Patrick Wolf, Vorsitzender der Landesjugendkammer, verweist darauf, dass die Aussage nach wie vor hohen Stellenwert einnehmen muss: "Es gibt viele Dinge, für die es sich lohnt einzutreten, und ebenso viele Möglichkeiten, sich für eine Sache stark zu machen: Ungerechtigkeit, Intoleranz, Ausländerfeindlichkeit, Diskriminierung und Ausgrenzung. Wir wollen aus dem historischen Anlass heraus fragen, wofür wir uns engagieren sollen, wo Jugendliche heute ihre lohnenswerten Ziele sehen und wo es reale Vorbilder gibt, die uns inspirieren und Antrieb geben. Die Inhalte unterscheiden sich kaum von denen vor 70 Jahren."

Start ist am Abend des 8. April und die gesamte Nacht hindurch mit einer Reihe von Workshops. Am nächsten Morgen treffen sich die Teilnehmer bereits um 5.30 Uhr auf dem Gelände der KZ-Gedenkstätte im Arresthof. Zu dieser Stunde wurden vor genau sieben Jahrzehnten Bonhoeffer und weitere Männer aus den Reihen des militärischen Widerstands ermordet.

Gespräch mit Jack Terry

Weiter geht es von Donnerstag bis Samstag mit einer Vielzahl von Arbeitsgruppen und Plenumsgesprächen. Vorgesehen sind Infos und Hintergründe zum NSU-Prozess, ein Zeitzeugengespräch mit Dr. Jack Terry, der als 15-Jähriger den Lagerterror überlebte.

Dazu gibt es Berichte und Diskussionen zur Frage, wie Lernen aus der Vergangenheit tatsächlich aussehen muss.
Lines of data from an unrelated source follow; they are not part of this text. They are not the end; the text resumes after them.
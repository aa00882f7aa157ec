//! A cursor over the characters that are left of a text.

ghost use Rattle.std.specs.Prelude.{◌≡◌, ◌<◌, ◌^◌, ℕ, Bool, [], ◌∷◌, ◌++◌, length, drop, slice_get, MatchOption, ◌==◌, encode_utf8, encode_utf8_all};
ghost use Rattle.std.specs.Str.{chars};
ghost use Rattle.ssr_syntax_lex.specs.Cursor.{stand_at, run, past};

use std::marker::Model;

/// The first character of a text, and the text behind it.
fn split_first_char(text: &str) -> Option<(char, &str)>
    ensures bytes { MatchOption result (text.now ≡ []) (λ p. text.now ≡ encode_utf8 p.0 ++ p.1.now) }
    ensures chars { MatchOption result (chars text.now ≡ []) (λ p. chars text.now ≡ p.0 ∷ chars p.1.now) }
{
    let mut chars = text.chars();
    let first = chars.next()?;
    Some((first, chars.as_str()))
}

/// The last character of a text, and the text in front of it.
pub(crate) fn split_last_char(text: &str) -> Option<(&str, char)>
    ensures { MatchOption result (chars text.now ≡ []) (λ p. chars text.now ≡ chars p.0.now ++ p.1 ∷ []) }
{
    let mut chars = text.chars();
    let last = chars.next_back()?;
    Some((chars.as_str(), last))
}

/// A place in a text that is shorter than 2^32 bytes. A contract sees the characters from there on.
#[derive(Drop)]
pub(crate) struct Cursor<'a> {
    rest: &'a str,
}

impl<'a> Model for Cursor<'a> {
    ghost use Rattle.std.specs.Prelude.{List, ℕ, ◌<◌, ◌^◌, length};
    ghost use Rattle.std.specs.Str.{chars, IsUtf8};

    ghost Value = { List ℕ };

    ghost view = { λ c. chars c.rest.now };

    ghost invariant = { λ c. IsUtf8 c.rest.now × (length c.rest.now < 2 ^ 32) };
}

impl<'a> Cursor<'a> {
    pub(crate) fn new(text: &'a str) -> Cursor<'a>
        requires { length text.now < 2 ^ 32 }
        ensures { result ≡ chars text.now }
    {
        Cursor { rest: text }
    }

    /// A second cursor at the same place, to look ahead with.
    pub(crate) fn fork(&self) -> Cursor<'a>
        ensures { result ≡ self.now }
    {
        Cursor { rest: self.rest }
    }

    /// How many bytes are left.
    pub(crate) fn len(&self) -> usize
        ensures bytes { result ≡ length (encode_utf8_all self.now) }
        ensures small { result < 2 ^ 32 }
    {
        self.rest.len()
    }

    pub(crate) fn is_empty(&self) -> bool
        ensures { result ≡ (length self.now == 0) }
    {
        self.rest.is_empty()
    }

    pub(crate) fn first(&self) -> Option<char>
        ensures { result ≡ slice_get self.now 0 }
    {
        let (first, _) = split_first_char(self.rest)?;
        Some(first)
    }

    pub(crate) fn second(&self) -> Option<char>
        ensures { result ≡ slice_get self.now 1 }
    {
        let (_, rest) = split_first_char(self.rest)?;
        let (second, _) = split_first_char(rest)?;
        Some(second)
    }

    pub(crate) fn third(&self) -> Option<char>
        ensures { result ≡ slice_get self.now 2 }
    {
        let (_, rest) = split_first_char(self.rest)?;
        let (_, rest) = split_first_char(rest)?;
        let (third, _) = split_first_char(rest)?;
        Some(third)
    }

    pub(crate) fn fourth(&self) -> Option<char>
        ensures { result ≡ slice_get self.now 3 }
    {
        let (_, rest) = split_first_char(self.rest)?;
        let (_, rest) = split_first_char(rest)?;
        let (_, rest) = split_first_char(rest)?;
        let (fourth, _) = split_first_char(rest)?;
        Some(fourth)
    }

    /// Whether this character comes next.
    pub(crate) fn is_at(&self, c: char) -> bool
        ensures { result ≡ stand_at 0 (c ∷ []) self.now }
    {
        self.first().is_some_and(|first| first == c)
    }

    /// Whether this character comes behind the next one.
    pub(crate) fn is_second(&self, c: char) -> bool
        ensures { result ≡ stand_at 1 (c ∷ []) self.now }
    {
        self.second().is_some_and(|second| second == c)
    }

    /// Whether these two characters come next.
    pub(crate) fn is_pair(&self, first: char, second: char) -> bool
        ensures { result ≡ stand_at 0 (first ∷ second ∷ []) self.now }
    {
        self.is_at(first) && self.is_second(second)
    }

    /// Passes over the next character, if there is one.
    pub(crate) fn bump(&mut self)
        ensures rest { self.new ≡ drop 1 self.old }
        ensures small { length self.old < 2 ^ 32 }
    {
        if let Some((_, rest)) = split_first_char(self.rest) {
            self.rest = rest;
        }
    }

    /// Passes over the next two characters, as far as they are there.
    pub(crate) fn bump_pair(&mut self)
        ensures rest { self.new ≡ drop 2 self.old }
        ensures small { length self.old < 2 ^ 32 }
    {
        self.bump();
        self.bump();
    }

    /// Passes over the next character, if there is one, and gives it.
    pub(crate) fn next(&mut self) -> Option<char>
        ensures { MatchOption result ((self.old ≡ []) × (self.new ≡ [])) (λ c. self.old ≡ c ∷ self.new) }
    {
        let (first, rest) = split_first_char(self.rest)?;
        self.rest = rest;
        Some(first)
    }

    /// Passes over the longest run of characters that pass the test, and gives it.
    pub(crate) fn eat_while<P: Fn(char) -> bool + Drop>(&mut self, passes: P) -> &'a str
        requires { P.IsAlwaysCallable passes }
        ensures text { (p : ℕ → Bool) → ((c : ℕ) (r : Bool) → P.post passes c r → r ≡ p c) → chars result.now ≡ run p self.old }
        ensures rest { (p : ℕ → Bool) → ((c : ℕ) (r : Bool) → P.post passes c r → r ≡ p c) → self.new ≡ past p self.old }
        ensures bytes { (p : ℕ → Bool) → ((c : ℕ) (r : Bool) → P.post passes c r → r ≡ p c) → result.now ≡ encode_utf8_all (run p self.old) }
        ensures small { length result.now < 2 ^ 32 }
    {
        let start = self.rest;
        let mut rest = start;
        while let Some((first, behind)) = split_first_char(rest) {
            if !passes(first) {
                break;
            }
            rest = behind;
        }
        self.rest = rest;
        &start[..start.len() - rest.len()]
    }
}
Enden wird das Programm mit einem Gottesdienst am 11. April mit der Präsidentin der Landessynode Dr. Annekatrin Preidel. Die Evangelische Landesjugend hat die Messlatte für die vier Tage hoch gelegt. Das gilt nicht nur für die Inhalte, sondern genauso für die Vorbereitung und die Abwicklung in der Praxis. Ein enormer Aufwand steht für die Unterbringung, die Verpflegung, die Betreuung oder auch für das zusätzliche Rahmenprogramm an. (Hintergrund)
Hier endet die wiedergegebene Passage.